→ **What the task requires**
Beginning with the line that holds "ops.push((bytes(*name), op))?;" in the data below, give again every line through the one that holds "sealed, by the parts of a flush.", exactly as written.

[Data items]

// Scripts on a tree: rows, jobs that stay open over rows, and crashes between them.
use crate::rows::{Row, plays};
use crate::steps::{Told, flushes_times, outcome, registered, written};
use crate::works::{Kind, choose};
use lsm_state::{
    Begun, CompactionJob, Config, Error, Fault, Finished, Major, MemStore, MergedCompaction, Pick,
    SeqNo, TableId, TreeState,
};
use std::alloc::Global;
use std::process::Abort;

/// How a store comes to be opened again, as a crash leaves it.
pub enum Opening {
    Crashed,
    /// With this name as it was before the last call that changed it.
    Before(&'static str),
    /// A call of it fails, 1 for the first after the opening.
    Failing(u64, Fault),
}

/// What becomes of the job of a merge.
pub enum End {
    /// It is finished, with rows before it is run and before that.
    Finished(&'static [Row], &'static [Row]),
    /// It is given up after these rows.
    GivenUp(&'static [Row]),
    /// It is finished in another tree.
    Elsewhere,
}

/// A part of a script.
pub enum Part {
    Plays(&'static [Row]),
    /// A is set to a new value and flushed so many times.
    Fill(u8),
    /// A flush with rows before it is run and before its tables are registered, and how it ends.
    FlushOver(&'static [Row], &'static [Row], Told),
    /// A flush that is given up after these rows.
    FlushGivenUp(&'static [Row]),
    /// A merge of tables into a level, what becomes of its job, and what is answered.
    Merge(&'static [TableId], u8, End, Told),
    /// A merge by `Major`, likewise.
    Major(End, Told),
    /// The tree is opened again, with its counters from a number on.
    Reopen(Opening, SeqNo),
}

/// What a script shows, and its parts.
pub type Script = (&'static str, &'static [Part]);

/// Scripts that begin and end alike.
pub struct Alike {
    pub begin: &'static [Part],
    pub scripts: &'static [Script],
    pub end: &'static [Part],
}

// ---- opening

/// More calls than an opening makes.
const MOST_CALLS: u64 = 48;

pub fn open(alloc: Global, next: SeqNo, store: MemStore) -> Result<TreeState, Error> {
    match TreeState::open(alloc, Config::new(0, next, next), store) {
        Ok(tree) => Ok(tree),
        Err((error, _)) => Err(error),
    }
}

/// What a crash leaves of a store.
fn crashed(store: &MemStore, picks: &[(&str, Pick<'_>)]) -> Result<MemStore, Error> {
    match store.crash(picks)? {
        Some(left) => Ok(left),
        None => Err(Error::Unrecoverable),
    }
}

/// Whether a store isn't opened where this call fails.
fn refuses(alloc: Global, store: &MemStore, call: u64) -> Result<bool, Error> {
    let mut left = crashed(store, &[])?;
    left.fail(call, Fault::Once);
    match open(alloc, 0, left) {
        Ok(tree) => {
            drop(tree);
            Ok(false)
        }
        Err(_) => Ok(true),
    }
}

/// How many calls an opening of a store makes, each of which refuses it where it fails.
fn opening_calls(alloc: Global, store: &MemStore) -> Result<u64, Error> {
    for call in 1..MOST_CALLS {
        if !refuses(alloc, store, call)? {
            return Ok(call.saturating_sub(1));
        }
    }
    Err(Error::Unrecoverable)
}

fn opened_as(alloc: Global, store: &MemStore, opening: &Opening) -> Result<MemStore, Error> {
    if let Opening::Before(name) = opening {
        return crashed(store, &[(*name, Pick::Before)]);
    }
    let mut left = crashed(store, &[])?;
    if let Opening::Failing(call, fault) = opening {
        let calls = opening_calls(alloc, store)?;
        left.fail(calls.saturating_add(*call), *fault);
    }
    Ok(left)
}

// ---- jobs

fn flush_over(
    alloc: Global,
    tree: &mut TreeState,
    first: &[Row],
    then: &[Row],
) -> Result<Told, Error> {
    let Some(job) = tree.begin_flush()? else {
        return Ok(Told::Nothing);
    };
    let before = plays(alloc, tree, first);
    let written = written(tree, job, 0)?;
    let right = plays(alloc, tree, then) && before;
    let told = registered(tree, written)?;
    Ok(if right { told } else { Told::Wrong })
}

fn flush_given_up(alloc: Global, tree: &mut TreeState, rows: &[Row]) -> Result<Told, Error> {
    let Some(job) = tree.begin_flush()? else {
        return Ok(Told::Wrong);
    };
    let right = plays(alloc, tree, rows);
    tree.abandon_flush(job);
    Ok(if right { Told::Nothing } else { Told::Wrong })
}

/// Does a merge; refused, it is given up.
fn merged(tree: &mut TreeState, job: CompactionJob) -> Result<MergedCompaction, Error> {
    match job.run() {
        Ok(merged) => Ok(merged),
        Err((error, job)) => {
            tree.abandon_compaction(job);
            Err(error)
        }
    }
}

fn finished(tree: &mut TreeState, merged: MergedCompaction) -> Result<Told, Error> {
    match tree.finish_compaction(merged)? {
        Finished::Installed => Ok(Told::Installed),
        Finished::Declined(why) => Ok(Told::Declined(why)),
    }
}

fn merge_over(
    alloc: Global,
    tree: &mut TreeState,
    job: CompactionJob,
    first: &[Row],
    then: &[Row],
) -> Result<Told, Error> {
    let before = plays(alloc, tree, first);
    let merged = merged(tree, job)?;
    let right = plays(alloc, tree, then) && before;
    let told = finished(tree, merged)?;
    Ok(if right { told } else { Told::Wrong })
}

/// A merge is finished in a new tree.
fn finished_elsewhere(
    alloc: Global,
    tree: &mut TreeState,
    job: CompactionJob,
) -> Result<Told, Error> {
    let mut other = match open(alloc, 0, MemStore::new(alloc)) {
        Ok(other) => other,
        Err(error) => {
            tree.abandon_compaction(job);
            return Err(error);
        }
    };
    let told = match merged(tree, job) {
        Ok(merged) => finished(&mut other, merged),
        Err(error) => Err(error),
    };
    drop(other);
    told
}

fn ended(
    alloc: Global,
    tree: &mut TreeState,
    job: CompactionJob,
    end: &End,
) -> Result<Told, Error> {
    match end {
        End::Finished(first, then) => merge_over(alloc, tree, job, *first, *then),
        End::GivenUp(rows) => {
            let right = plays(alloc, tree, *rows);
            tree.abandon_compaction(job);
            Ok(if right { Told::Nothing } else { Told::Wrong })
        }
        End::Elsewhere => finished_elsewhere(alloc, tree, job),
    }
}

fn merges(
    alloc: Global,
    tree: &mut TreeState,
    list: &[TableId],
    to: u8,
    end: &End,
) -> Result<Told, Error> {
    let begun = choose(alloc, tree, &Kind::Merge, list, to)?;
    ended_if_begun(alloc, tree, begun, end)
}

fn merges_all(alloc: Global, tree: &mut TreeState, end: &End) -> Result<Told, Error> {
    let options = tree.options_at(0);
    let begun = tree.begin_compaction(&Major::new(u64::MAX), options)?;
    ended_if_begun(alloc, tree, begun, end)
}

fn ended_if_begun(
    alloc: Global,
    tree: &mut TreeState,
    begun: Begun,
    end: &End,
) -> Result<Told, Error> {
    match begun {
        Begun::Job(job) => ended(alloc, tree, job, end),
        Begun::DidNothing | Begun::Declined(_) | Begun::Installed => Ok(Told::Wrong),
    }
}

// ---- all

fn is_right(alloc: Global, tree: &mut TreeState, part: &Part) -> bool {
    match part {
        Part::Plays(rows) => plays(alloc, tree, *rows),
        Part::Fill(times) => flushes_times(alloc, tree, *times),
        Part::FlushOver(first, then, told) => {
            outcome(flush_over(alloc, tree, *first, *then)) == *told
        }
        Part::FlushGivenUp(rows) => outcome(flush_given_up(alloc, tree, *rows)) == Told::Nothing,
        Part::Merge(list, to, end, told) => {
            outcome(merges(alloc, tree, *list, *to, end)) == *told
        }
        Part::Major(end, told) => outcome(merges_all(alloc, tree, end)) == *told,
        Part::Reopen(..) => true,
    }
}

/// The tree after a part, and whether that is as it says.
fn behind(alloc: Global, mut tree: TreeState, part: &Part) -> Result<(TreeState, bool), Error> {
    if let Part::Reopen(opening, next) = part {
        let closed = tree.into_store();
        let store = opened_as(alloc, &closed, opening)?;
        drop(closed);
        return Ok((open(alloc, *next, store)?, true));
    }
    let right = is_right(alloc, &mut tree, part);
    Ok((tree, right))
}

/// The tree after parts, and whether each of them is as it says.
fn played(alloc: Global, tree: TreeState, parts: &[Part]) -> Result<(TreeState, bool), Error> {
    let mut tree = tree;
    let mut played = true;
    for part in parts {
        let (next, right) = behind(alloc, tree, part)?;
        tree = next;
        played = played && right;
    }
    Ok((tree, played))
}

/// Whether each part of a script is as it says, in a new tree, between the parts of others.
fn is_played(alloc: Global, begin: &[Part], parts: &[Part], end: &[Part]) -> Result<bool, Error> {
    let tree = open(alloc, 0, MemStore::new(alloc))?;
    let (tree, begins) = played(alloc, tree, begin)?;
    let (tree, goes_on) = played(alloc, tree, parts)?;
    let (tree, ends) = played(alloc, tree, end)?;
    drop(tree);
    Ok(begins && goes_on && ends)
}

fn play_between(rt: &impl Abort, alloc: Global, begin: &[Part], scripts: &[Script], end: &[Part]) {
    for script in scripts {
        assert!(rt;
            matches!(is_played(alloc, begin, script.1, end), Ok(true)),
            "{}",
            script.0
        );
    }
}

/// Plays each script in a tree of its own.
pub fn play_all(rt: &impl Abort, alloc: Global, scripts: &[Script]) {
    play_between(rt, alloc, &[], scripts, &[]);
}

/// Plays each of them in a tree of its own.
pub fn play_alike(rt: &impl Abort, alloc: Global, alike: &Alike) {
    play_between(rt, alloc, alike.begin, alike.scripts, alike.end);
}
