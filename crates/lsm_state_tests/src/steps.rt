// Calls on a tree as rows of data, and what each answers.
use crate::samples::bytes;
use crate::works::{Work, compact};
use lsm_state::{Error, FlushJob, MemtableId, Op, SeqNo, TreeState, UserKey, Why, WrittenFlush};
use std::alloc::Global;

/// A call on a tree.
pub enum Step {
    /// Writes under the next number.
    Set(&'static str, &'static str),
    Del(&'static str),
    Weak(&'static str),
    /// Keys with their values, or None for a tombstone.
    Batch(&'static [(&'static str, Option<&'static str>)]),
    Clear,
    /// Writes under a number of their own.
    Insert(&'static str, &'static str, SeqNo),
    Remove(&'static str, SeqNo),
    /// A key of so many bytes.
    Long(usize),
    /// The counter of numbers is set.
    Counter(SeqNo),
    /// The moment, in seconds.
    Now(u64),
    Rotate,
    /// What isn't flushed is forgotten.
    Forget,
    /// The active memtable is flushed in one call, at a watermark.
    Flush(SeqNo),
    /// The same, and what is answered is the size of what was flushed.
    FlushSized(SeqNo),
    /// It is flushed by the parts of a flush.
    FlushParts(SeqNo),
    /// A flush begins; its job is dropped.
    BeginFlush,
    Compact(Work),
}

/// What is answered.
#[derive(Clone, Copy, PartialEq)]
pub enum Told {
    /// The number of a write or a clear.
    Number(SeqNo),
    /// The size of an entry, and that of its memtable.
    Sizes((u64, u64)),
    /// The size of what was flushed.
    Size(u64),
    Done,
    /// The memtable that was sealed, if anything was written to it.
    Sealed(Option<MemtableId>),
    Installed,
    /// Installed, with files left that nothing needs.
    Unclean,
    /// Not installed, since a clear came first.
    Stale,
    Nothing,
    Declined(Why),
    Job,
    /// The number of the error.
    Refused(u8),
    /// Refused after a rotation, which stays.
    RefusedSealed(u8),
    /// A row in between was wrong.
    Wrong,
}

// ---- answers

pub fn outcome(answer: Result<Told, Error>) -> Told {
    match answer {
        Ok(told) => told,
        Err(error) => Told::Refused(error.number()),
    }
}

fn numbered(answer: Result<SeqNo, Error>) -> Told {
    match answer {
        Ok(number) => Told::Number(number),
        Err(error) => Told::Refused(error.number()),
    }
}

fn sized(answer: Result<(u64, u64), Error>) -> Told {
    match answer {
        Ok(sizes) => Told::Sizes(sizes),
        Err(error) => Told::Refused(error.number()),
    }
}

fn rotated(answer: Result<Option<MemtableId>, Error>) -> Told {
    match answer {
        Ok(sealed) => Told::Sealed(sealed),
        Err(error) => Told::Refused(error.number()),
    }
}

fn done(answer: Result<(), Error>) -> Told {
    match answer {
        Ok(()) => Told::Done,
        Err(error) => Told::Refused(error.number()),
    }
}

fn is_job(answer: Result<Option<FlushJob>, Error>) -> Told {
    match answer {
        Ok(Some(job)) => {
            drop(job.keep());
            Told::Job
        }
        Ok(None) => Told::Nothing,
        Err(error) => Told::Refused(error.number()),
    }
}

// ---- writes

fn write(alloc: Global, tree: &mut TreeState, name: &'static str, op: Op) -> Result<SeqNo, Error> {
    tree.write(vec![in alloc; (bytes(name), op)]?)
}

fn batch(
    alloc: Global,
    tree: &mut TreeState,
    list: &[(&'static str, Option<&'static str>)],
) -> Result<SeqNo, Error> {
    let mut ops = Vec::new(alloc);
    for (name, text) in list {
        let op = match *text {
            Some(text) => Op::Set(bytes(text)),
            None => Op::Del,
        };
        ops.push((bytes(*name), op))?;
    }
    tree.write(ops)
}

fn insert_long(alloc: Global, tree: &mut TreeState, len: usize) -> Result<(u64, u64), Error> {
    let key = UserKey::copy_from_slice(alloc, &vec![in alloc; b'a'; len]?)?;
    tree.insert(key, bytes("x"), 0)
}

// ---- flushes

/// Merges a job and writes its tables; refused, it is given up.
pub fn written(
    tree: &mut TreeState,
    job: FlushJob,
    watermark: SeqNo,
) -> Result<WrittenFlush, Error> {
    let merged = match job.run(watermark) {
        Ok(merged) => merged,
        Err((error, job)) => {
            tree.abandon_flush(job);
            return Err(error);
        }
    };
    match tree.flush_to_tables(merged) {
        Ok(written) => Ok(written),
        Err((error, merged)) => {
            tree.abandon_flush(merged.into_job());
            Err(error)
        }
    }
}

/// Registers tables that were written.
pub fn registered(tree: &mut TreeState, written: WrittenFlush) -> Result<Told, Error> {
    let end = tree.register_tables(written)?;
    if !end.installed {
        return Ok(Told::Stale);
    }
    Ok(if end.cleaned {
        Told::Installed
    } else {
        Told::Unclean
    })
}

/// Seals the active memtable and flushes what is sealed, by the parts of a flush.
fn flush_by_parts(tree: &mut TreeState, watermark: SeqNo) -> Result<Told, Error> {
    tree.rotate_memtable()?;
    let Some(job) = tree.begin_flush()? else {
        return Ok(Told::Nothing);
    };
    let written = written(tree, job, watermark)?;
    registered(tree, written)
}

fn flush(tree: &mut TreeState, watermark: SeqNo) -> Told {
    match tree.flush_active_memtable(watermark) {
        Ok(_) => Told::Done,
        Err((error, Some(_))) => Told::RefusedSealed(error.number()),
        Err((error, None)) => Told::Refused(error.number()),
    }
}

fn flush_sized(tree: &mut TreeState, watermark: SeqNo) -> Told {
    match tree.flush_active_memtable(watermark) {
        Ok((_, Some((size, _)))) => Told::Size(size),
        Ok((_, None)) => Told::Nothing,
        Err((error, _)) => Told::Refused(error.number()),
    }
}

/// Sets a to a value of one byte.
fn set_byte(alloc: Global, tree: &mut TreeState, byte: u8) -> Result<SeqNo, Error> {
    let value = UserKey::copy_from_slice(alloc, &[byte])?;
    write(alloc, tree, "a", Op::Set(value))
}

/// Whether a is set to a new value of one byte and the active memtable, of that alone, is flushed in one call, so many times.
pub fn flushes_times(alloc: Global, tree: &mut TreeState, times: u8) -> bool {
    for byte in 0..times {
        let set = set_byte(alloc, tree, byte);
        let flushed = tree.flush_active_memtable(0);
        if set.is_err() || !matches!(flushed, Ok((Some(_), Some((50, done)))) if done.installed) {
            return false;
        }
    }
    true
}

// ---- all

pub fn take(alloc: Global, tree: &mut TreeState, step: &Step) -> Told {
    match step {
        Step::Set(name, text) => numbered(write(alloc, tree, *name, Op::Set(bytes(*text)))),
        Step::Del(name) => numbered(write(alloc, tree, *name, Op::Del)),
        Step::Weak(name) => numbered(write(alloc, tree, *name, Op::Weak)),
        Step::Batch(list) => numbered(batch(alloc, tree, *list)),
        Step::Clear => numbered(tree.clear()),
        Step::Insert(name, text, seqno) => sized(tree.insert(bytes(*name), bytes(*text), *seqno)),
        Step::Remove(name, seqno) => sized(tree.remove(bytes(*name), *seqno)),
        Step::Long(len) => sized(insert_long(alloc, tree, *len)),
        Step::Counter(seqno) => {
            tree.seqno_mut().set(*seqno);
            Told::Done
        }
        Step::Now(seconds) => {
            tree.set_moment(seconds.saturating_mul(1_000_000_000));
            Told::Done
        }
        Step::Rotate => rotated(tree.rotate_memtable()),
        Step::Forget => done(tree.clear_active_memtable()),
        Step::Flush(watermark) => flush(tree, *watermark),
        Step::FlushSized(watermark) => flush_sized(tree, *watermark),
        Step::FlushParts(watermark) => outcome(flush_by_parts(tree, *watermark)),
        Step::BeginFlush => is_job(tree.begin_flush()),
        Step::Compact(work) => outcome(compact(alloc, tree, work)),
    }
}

→ **Result for this task**
        ops.push((bytes(*name), op))?;
    }
    tree.write(ops)
}

fn insert_long(alloc: Global, tree: &mut TreeState, len: usize) -> Result<(u64, u64), Error> {
    let key = UserKey::copy_from_slice(alloc, &vec![in alloc; b'a'; len]?)?;
    tree.insert(key, bytes("x"), 0)
}

// ---- flushes

/// Merges a job and writes its tables; refused, it is given up.
pub fn written(
    tree: &mut TreeState,
    job: FlushJob,
    watermark: SeqNo,
) -> Result<WrittenFlush, Error> {
    let merged = match job.run(watermark) {
        Ok(merged) => merged,
        Err((error, job)) => {
            tree.abandon_flush(job);
            return Err(error);
        }
    };
    match tree.flush_to_tables(merged) {
        Ok(written) => Ok(written),
        Err((error, merged)) => {
            tree.abandon_flush(merged.into_job());
            Err(error)
        }
    }
}

/// Registers tables that were written.
pub fn registered(tree: &mut TreeState, written: WrittenFlush) -> Result<Told, Error> {
    let end = tree.register_tables(written)?;
    if !end.installed {
        return Ok(Told::Stale);
    }
    Ok(if end.cleaned {
        Told::Installed
    } else {
        Told::Unclean
    })
}

/// Seals the active memtable and flushes what is sealed, by the parts of a flush.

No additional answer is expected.